Both of those are now also regular worries.

Anxiety disorders run in my family. That’s why I was interested in an article in the San Diego U-T a while back entitled “Mulling the worst: One therapist’s anxiety fix.” Her solution for combating anxiety is to imagine the worst that could happen and then, she’s decided in her inexplicably delusional way, you will realize that even the worst isn’t that bad.

Seriously?

I’m sure this therapist is a very nice lady but I can only assume she’s been out of graduate school for a matter of days. We worriers are world-class catastrophic thinkers. In all modesty, it’s where we excel.

For example, she says, if your kid is anxious about missing the soccer ball during a game, you should sit down with him and ask, would that so terrible?

Hell yes! The other kids on the team will probably never let him forget it, teasing him about it in perpetuity.  If they lose the game, it will be his fault. His teammates will nickname him Klutzoid, a moniker that will stick with him into his octogenarian years.  The coach will stop playing him, and any hope he will ever have at playing up to the next level is permanently shot. Someone will post it on Facebook where it will be immortalized forever and played at his wedding. So, “not so bad”? Hah! I don’t think so!

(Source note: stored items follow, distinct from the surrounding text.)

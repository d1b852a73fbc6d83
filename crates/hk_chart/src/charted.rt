//! How the program ends.
ghost use Rattle.std.specs.Prelude.{◌≡◌};
ghost use Rattle.hk_chart.specs.Tool.{number_of};

/// How the program ends. The number is its exit status.
#[derive(Clone, Copy, Debug, PartialEq, Eq)]
pub enum Charted {
    /// The picture was written.
    Done,
    /// There was no memory. Nothing was written.
    Memory,
    /// The words are none that the program takes. One line was written.
    Usage,
    /// The input could not be read. Nothing was written.
    ReadFault,
    /// The output could not be written. What was taken is a prefix of the text.
    WriteFault,
    /// The input is no trace, or it is too long. One line was written.
    Trace,
}

impl Charted {
    /// The exit status.
    pub fn number(&self) -> u8
        ensures { result ≡ number_of self.now }
    {
        match self {
            Charted::Done => 0,
            Charted::Memory => 1,
            Charted::Usage => 2,
            Charted::ReadFault => 3,
            Charted::WriteFault => 4,
            Charted::Trace => 12,
        }
    }
}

Another recent article about anxiety in the U-T recommends “motivational self-talk” like “I can do it!”, or “I’ll be fine!” to give yourself the whole ridiculous illusion that we actually have some control in unexpectedly anxiety-provoking situations. I don’t think this therapist travels on airplanes where they make it abundantly clear you have the power of a gnat.

So herein lies the problem.  There’s just too much to worry about these days, and we’re not even counting, well, everything.

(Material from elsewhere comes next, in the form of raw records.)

/// What of an object, of a register or of a number the collector does next.
#[derive(Clone, Copy, Debug, PartialEq, Eq)]
pub enum Stage {
    /// Load the register, the cell or the mark.
    Read,
    /// Claim the object that the loaded reference names.
    Claim,
    /// Reserve a place for the object that was claimed.
    Reserve,
    /// Write the link word of the place that was reserved.
    Tie,
    /// Write the cell at its new place, or the number on the list of the next cycle.
    Write,
    /// Mark the number for the next cycle.
    Mark,
    /// Empty the header of the number.
    Empty,
}

/// Where the collector is in its cycle: what its next event is about.
#[derive(Clone, Copy, Debug, PartialEq, Eq)]
pub enum Line {
    /// Before the flip.
    Rest,
    /// At the frame of a seat, before an attempt to blacken it.
    Frame(u8),
    /// In an attempt to blacken a frame, at one of its registers.
    Register { seat: u8, reg: u8, stage: Stage },
    /// At the end of an attempt to blacken a frame, before the exchange of its word.
    FrameTrade(u8),
    /// Before the load of the words that are reserved.
    Scan,
    /// Before the load of the link word at the scan offset.
    Link,
    /// At the object that the link word names, before an attempt to move it.
    Look,
    /// In an attempt to move an object, at one of its cells.
    Cell { index: u8, stage: Stage },
    /// At the end of an attempt to move an object, before the exchange of its header.
    ObjectTrade,
    /// In the pass over the marks, at a number.
    Pass(u32),
    /// In the pass over the marks, at the header of a number.
    PassHead(u32),
    /// In the sweep, at a number.
    Sweep { number: u32, stage: Stage },
    /// In the clearing of the old space, at a word.
    Clear(u32),
    /// Before the words that are reserved are set to 0.
    Reset,
}

/// The collector: where it is, and the values that it has read.
#[derive(Clone, Copy, Debug, PartialEq, Eq)]
pub struct Spot {
    pub line: Line,
    /// The cycle.
    pub cycle: u64,
    /// The scan offset: the words of the current space, from its first one, that hold objects which were moved.
    pub scan: u32,
    /// The entries that were written on the list of the next cycle.
    pub entries: u32,
    /// The frame word or the header that the open attempt loaded.
    pub first: u64,
    /// The reference of the object that is moved.
    pub item: u64,
    /// The register or cell that was loaded last.
    pub cell: u64,
    /// The offset that was reserved last.
    pub offset: u64,
    /// The events of the open attempt so far.
    pub spent: u32,
}

/// What an event of the collector did.
#[derive(Clone, Copy, Debug, PartialEq, Eq)]
pub enum Work {
    /// The event was done, and none of the following.
    Useful,
    /// The spaces were flipped.
    Flipped,
    /// The exchange found another word than the attempt's first load, so the attempt of so many events is lost.
    Lost(u32),
    /// A call is inside the frame of this seat.
    BusyFrame(u8),
    /// A call is inside the object of this number.
    BusyObject(u32),
    /// The place was reserved, and its link word isn't written yet.
    Unlinked(u32),
    /// The object of this number was claimed, and isn't moved yet.
    Grey(u32),
    /// More words are reserved than a space has for evacuation: so many.
    LiveOver(u64),
    /// A flip is due, and there are no more cycles. Nothing was done.
    Worn,
}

From time to time Olof has tried to convince me that the worrying itself was not the reason an event went well but my thorough (some have unkindly called it massively obsessive) planning. But then, what does he know?

May I add that being the family worrier is a thankless job.  There you are worrying your little heart out for people, and are they the least bit grateful?

“Olof,” I said, “I’d like for you to start doing some of the worrying for a change.”

“But I’m not worried,” insisted Olof. Olof says he doesn’t have to worry about anything, not that he’s inclined to anyway. He knows I’ve got everything more than covered.

“That’s exactly my point.  Of course, I’ll still take charge of the global worrying and the prevention of major disasters.”  I wasn’t sure I’d trust Olof to worry enough to keep the post-earthquake tsunami from dragging our house out to sea anyway.  “But I do think you could take over some of the routine worries, like whether the airport will be fogged in, the stove will crump in the middle of cooking Christmas dinner, or another possum will die in the crawl space.”

“Really,” he insisted, “what are the odds the possum thing would ever happen a second time?”

And that, of course, is exactly the kind of thinking that guarantees deceased marsupials under your house.